# Themes for my betta tank?



## RobSchuele247 (Oct 17, 2011)

I need a really good theme for a betta tank as I am going to start one this week any good ideas?


----------



## MissPisces (Jun 8, 2011)

You could go with an Asian theme, or maybe tropical... Gosh, I don't know! Depends on whether you want to get live plants or not. I have a sort of forest theme in my betta's 5 gallon: acrylic moss-and-gnarled-tree-root decoration; floating betta log; and live wisteria, java fern, and compacta (though the scatterings of neon purple gravel that my husband insisted on are really distracting...). Now if only he would stop attacking the cool background I got for the tank... 

Also depends on the decorations you like. I've seen some really cool Japanese lantern decorations, and a dragon with a bubbler in its mouth (though the one I saw was too big for my tank). 

Whatever you get, be sure that the decor doesn't have any sharp or ragged edges. Betta fins are super sensitive, so whatever you get should undergo the panty hose test. Take a scrap of thin stocking and rub it on the decoration. If it tears, it's too rough for a betta. If you want a pirate theme but all the sunken ships and treasure chests are too rough, go with another theme. 

Just my suggestions.

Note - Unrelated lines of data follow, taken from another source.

// A command with all that it needs: its files are looked at, and nothing is written.
ghost use Rattle.std.specs.Prelude.{◌≡◌, ◌+◌, ◌≤◌, List, map, string_bytes};
ghost use Rattle.sci_base.specs.declared.limits.TheConstants.{TICKS, EVENTS};
ghost use Rattle.sci_bank.specs.Bank.{Meaning};
ghost use Rattle.sci_bank.specs.Library.{IsFull};
ghost use Rattle.sci_io.specs.Files.{FolderState};
ghost use Rattle.sci_words.specs.Words.{report as tell, simulate, judge, save, resume, code, run_c, bulk, dump, dump_at, InBounds, asked_by};
ghost use Rattle.sci_answers.specs.Coming.{Reaches, ReachesCounted};
ghost use Rattle.sci_answers.specs.Answer.{Answer, no_memory};
ghost use Rattle.sci_files.specs.Look.{IsRefusal, stop_answer};
ghost use Rattle.sci_answers.specs.Save.{run_ended};
ghost use Rattle.sci_answers.specs.Prepared.{IsAnswerOf, IsPrepared, LeavesBanks, MayLack};
ghost use Rattle.sci_prepare.specs.Prepare.{LooksAt, LooksWithoutBanks};
ghost use Rattle.sci_prepare.specs.Defined.{LooksAtCode, LooksDefined, PreparesDefined};

use crate::bulk::count_bulk;
use crate::host::host;
use sci_answers::prepared::{Prepared, ResumedRun, SavedRun, Simulation};
use sci_bank::Bank;
use sci_bank::library::Library;
use sci_base::{NoMemory, Rule, Stop};
use sci_cgen::emit;
use sci_files::dump::DumpRules;
use sci_files::look::{LookStop, look, look_text, refused_by};
use sci_files::rules::{CRules, ColumnRules, DiagramRules, PlanRules};
use sci_files::run_files::{RunFiles, look_at_run};
use sci_files::saved::SavedRules;
use sci_io::Folder;
use sci_judge::judge_trace;
use sci_resume::{Reached, run_to};
use sci_sim::Ready;
use sci_vcd::VcdOut;
use sci_words::command::{Command, Report, RunWords};
use sci_words::words::parse;
use std::alloc::Global;

fn for_report<F: Folder>(
    alloc: Global,
    folder: &mut F,
    report: Report,
    file: &str,
) -> Result<Prepared, LookStop>
    ensures looks { LooksWithoutBanks (F.state folder.old) (F.state folder.new) (tell report file.now) result }
    ensures kept { (F.state folder.new).files ≡ (F.state folder.old).files }
{
    let told = look(alloc, folder, file, 1, &DiagramRules { report })?;
    Ok(Prepared::Report(told))
}

fn for_simulate<F: Folder, B: Bank>(
    alloc: Global,
    folder: &mut F,
    run: RunWords<'_>,
    lib: &mut Library<B>,
) -> Result<Prepared, LookStop>
    requires until { run.until ≤ TICKS }
    requires limit { run.limit ≤ EVENTS }
    requires full { IsFull lib.old }
    ensures looks { LooksAt (F.state folder.old) (F.state folder.new) lib.new
        (simulate run.entry.file.now run.entry.inputs_file.now run.entry.until run.entry.limit) result }
    ensures kept { (F.state folder.new).files ≡ (F.state folder.old).files }
    ensures full { IsFull lib.new }
{
    let files = look_at_run(alloc, folder, run.file, run.inputs_file)?;
    let ready = Ready::new(alloc, files.checked.net, files.checked.schedule, lib)?;
    Ok(Prepared::Simulate(Simulation {
        ready,
        inputs: files.inputs,
        until: run.until,
        limit: run.limit,
    }))
}

fn for_judge<F: Folder, B: Bank>(
    alloc: Global,
    folder: &mut F,
    run: RunWords<'_>,
    trace_file: &str,
    lib: &mut Library<B>,
) -> Result<Prepared, LookStop>
    requires until { run.until ≤ TICKS }
    requires limit { run.limit ≤ EVENTS }
    requires full { IsFull lib.old }
    ensures looks { LooksAt (F.state folder.old) (F.state folder.new) lib.new
        (judge run.entry.file.now run.entry.inputs_file.now trace_file.now run.entry.until run.entry.limit) result }
    ensures kept { (F.state folder.new).files ≡ (F.state folder.old).files }
    ensures full { IsFull lib.new }
{
    let files = look_at_run(alloc, folder, run.file, run.inputs_file)?;
    let trace = look_text(alloc, folder, trace_file)?;
    let RunFiles { checked, inputs } = files;
    let verdict = judge_trace(
        alloc,
        checked.net,
        lib,
        &inputs,
        run.until,
        run.limit,
        &trace,
    )?;
    Ok(Prepared::Judge(verdict))
}

// The refusal of a run that has no reaction behind this one: it has so many.
fn ended_by(alloc: Global, reaction: u64, count: u64) -> LookStop
    requires reaction { reaction ≤ EVENTS + 1 }
    requires count { count ≤ EVENTS + 1 }
    ensures { IsRefusal (run_ended reaction count) result }
{
    refused_by(alloc, Rule::RunEnded, &[reaction as i64, count as i64])
}

fn for_save<F: Folder, B: Bank>(
    alloc: Global,
    folder: &mut F,
    run: RunWords<'_>,
    reaction: u64,
    lib: &mut Library<B>,
) -> Result<Prepared, LookStop>
    requires until { run.until ≤ TICKS }
    requires limit { run.limit ≤ EVENTS }
    requires least { 1 ≤ reaction }
    requires most { reaction ≤ EVENTS + 1 }
    requires full { IsFull lib.old }
    ensures looks { LooksAt (F.state folder.old) (F.state folder.new) lib.new
        (save run.entry.file.now run.entry.inputs_file.now run.entry.until run.entry.limit reaction) result }
    ensures kept { (F.state folder.new).files ≡ (F.state folder.old).files }
    ensures full { IsFull lib.new }
{
    let files = look_at_run(alloc, folder, run.file, run.inputs_file)?;
    let RunFiles { checked, inputs } = files;
    let mut ready = Ready::new(alloc, checked.net, checked.schedule, lib)?;
    match run_to(
        alloc, &mut ready, lib, &inputs, run.until, run.limit, reaction,
    ) {
        Ok(Reached::Saved(image)) => Ok(Prepared::Save(SavedRun { ready, image })),
        Ok(Reached::Ended(count)) => Err(ended_by(alloc, reaction, count)),
        Err(NoMemory) => Err(LookStop::Memory),
    }
}

fn for_resume<F: Folder, B: Bank>(
    alloc: Global,
    folder: &mut F,
    run: RunWords<'_>,
    saved_file: &str,
    lib: &mut Library<B>,
) -> Result<Prepared, LookStop>
    requires until { run.until ≤ TICKS }
    requires limit { run.limit ≤ EVENTS }
    requires full { IsFull lib.old }
    ensures looks { LooksAt (F.state folder.old) (F.state folder.new) lib.new
        (resume run.entry.file.now run.entry.inputs_file.now saved_file.now run.entry.until run.entry.limit) result }
    ensures kept { (F.state folder.new).files ≡ (F.state folder.old).files }
    ensures full { IsFull lib.new }
{
    let files = look_at_run(alloc, folder, run.file, run.inputs_file)?;
    let RunFiles { checked, inputs } = files;
    let rules = SavedRules {
        net: checked.net,
        inputs,
    };
    let image = look(alloc, folder, saved_file, 3, &rules)?;
    let SavedRules { net, inputs } = rules;
    let ready = Ready::restore(alloc, net, checked.schedule, lib, &image)?;
    let simulation = Simulation {
        ready,
        inputs,
        until: run.until,
        limit: run.limit,
    };
    Ok(Prepared::Resume(ResumedRun {
        image,
        run: simulation,
    }))
}

fn for_code<F: Folder>(alloc: Global, folder: &mut F, file: &str) -> Result<Prepared, LookStop>
    ensures looks { LooksWithoutBanks (F.state folder.old) (F.state folder.new) (code file.now) result }
    ensures coded { LooksAtCode (F.state folder.old) (F.state folder.new) file.now result }
    ensures kept { (F.state folder.new).files ≡ (F.state folder.old).files }
{
    let checked = look(alloc, folder, file, 1, &PlanRules)?;
    let program = emit(alloc, &checked.net, &checked.schedule)?;
    Ok(Prepared::Code(program))
}

fn for_bulk<B: Bank>(
    alloc: Global,
    seed: u32,
    size: u32,
    lib: &mut Library<B>,
) -> Result<Prepared, LookStop>
    requires least { 1 ≤ size }
    requires most { size ≤ 2000 }
    requires full { IsFull lib.old }
    ensures looks { (s : FolderState) → LooksAt s s lib.new (bulk seed size) result }
    ensures full { IsFull lib.new }
{
    match count_bulk(alloc, seed, size, lib) {
        Ok(counts) => Ok(Prepared::Bulk(counts)),
        Err(Stop::Refused(refusal)) => Err(LookStop::Refused(refusal)),
        Err(Stop::Memory) => Err(LookStop::Memory),
    }
}

fn for_run_c<F: Folder>(
    alloc: Global,
    folder: &mut F,
    run: RunWords<'_>,
) -> Result<Prepared, LookStop>
    requires until { run.until ≤ TICKS }
    requires limit { run.limit ≤ EVENTS }
    ensures looks { LooksWithoutBanks (F.state folder.old) (F.state folder.new)
        (run_c run.entry.file.now run.entry.inputs_file.now run.entry.until run.entry.limit) result }
    ensures kept { (F.state folder.new).files ≡ (F.state folder.old).files }
{
    let program = look(alloc, folder, run.file, 1, &CRules)?;
    let rules = ColumnRules {
        needs: Vec::new(alloc),
    };
    let inputs = look(alloc, folder, run.inputs_file, 2, &rules)?;
    Ok(Prepared::RunC(program, inputs, run.until, run.limit))
}

fn for_dump<F: Folder, B: Bank>(
    alloc: Global,
    folder: &mut F,
    run: RunWords<'_>,
    lib: &mut Library<B>,
) -> Result<Prepared, LookStop>
    requires until { run.until ≤ TICKS }
    requires limit { run.limit ≤ EVENTS }
    requires full { IsFull lib.old }
    ensures looks { LooksAt (F.state folder.old) (F.state folder.new) lib.new
        (dump run.entry.file.now run.entry.inputs_file.now run.entry.until run.entry.limit) result }
    ensures kept { (F.state folder.new).files ≡ (F.state folder.old).files }
    ensures full { IsFull lib.new }
{
    let files = look_at_run(alloc, folder, run.file, run.inputs_file)?;
    let dump = VcdOut::new(alloc, &files.checked.net)?;
    let ready = Ready::new(alloc, files.checked.net, files.checked.schedule, lib)?;
    let simulation = Simulation {
        ready,
        inputs: files.inputs,
        until: run.until,
        limit: run.limit,
    };
    Ok(Prepared::Dump(simulation, dump))
}

fn for_dump_at<F: Folder>(
    alloc: Global,
    folder: &mut F,
    file: &str,
    tick: u64,
) -> Result<Prepared, LookStop>
    ensures looks { LooksWithoutBanks (F.state folder.old) (F.state folder.new) (dump_at file.now tick) result }
    ensures kept { (F.state folder.new).files ≡ (F.state folder.old).files }
{
    let dump = look(alloc, folder, file, 1, &DumpRules)?;
    Ok(Prepared::DumpAt(dump, tick))
}

#[tactic(auto, using(crate::proofs::Looked::host_looks))]
fn for_command<F: Folder, B: Bank>(
    alloc: Global,
    folder: &mut F,
    command: Command<'_>,
    lib: &mut Library<B>,
) -> Result<Prepared, LookStop>
    requires bounds { InBounds (asked_by command) }
    requires full { IsFull lib.old }
    ensures looks { LooksAt (F.state folder.old) (F.state folder.new) lib.new (asked_by command.entry) result }
    ensures coded { LooksDefined (F.state folder.old) (F.state folder.new) (asked_by command.entry) result }
    ensures kept { (F.state folder.new).files ≡ (F.state folder.old).files }
    ensures full { IsFull lib.new }
{
    match command {
        Command::Report(report, file) => for_report(alloc, folder, report, file),
        Command::Host => Ok(Prepared::Print(host())),
        Command::Code(file) => for_code(alloc, folder, file),
        Command::Bulk(seed, size) => for_bulk(alloc, seed, size, lib),
        Command::Simulate(run) => for_simulate(alloc, folder, run, lib),
        Command::Judge(run, trace_file) => for_judge(alloc, folder, run, trace_file, lib),
        Command::Save(run, reaction) => for_save(alloc, folder, run, reaction, lib),
        Command::Resume(run, saved_file) => for_resume(alloc, folder, run, saved_file, lib),
        Command::RunC(run) => for_run_c(alloc, folder, run),
        Command::Dump(run) => for_dump(alloc, folder, run, lib),
        Command::DumpAt(file, tick) => for_dump_at(alloc, folder, file, tick),
    }
}

// What is told of a file that gives nothing.
fn stopped(stop: LookStop) -> Prepared
    ensures answer { (a : Answer) → IsAnswerOf result a → a ≡ stop_answer stop }
    ensures prepared { (banks : List Meaning) → IsPrepared banks result }
    ensures lacks { MayLack result → ⊥ }
{
    match stop {
        LookStop::Refused(refusal) => Prepared::Refused(refusal),
        LookStop::Fault => Prepared::ReadFault,
        LookStop::Memory => Prepared::Memory,
    }
}

/// Looks at the words and the files, and writes nothing.
pub fn prepare<F: Folder, B: Bank>(
    alloc: Global,
    words: &[String],
    folder: &mut F,
    lib: &mut Library<B>,
) -> Prepared
    requires { IsFull lib.old }
    ensures reaches { (a : Answer) → IsAnswerOf result a → ReachesCounted (map string_bytes words.now) (F.state folder.old) (F.state folder.new) a
        (LeavesBanks result lib.new) }
    ensures prepared { IsPrepared lib.new result }
    ensures lacks { MayLack result → Reaches (map string_bytes words.now) (F.state folder.old) (F.state folder.new) no_memory }
    ensures coded { PreparesDefined (map string_bytes words.now) (F.state folder.old) (F.state folder.new) result }
    ensures kept { (F.state folder.new).files ≡ (F.state folder.old).files }
    ensures full { IsFull lib.new }
{
    match parse(words) {
        None => Prepared::Usage,
        Some(command) => match for_command(alloc, folder, command, lib) {
            Ok(prepared) => prepared,
            Err(stop) => stopped(stop),
        },
    }
}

I'm sure it'll look cool no matter what you decide to do, though!


----------



## Summer (Oct 3, 2011)

a jungle theme would be awesome, lots of plants and wood and natural looking stuff.


----------



## RobSchuele247 (Oct 17, 2011)

Yeah, I want a jungle theme i think i am going to get some lillys and some moss to. the lillys will help buffer the filter. 

Gotta start planting lol.


----------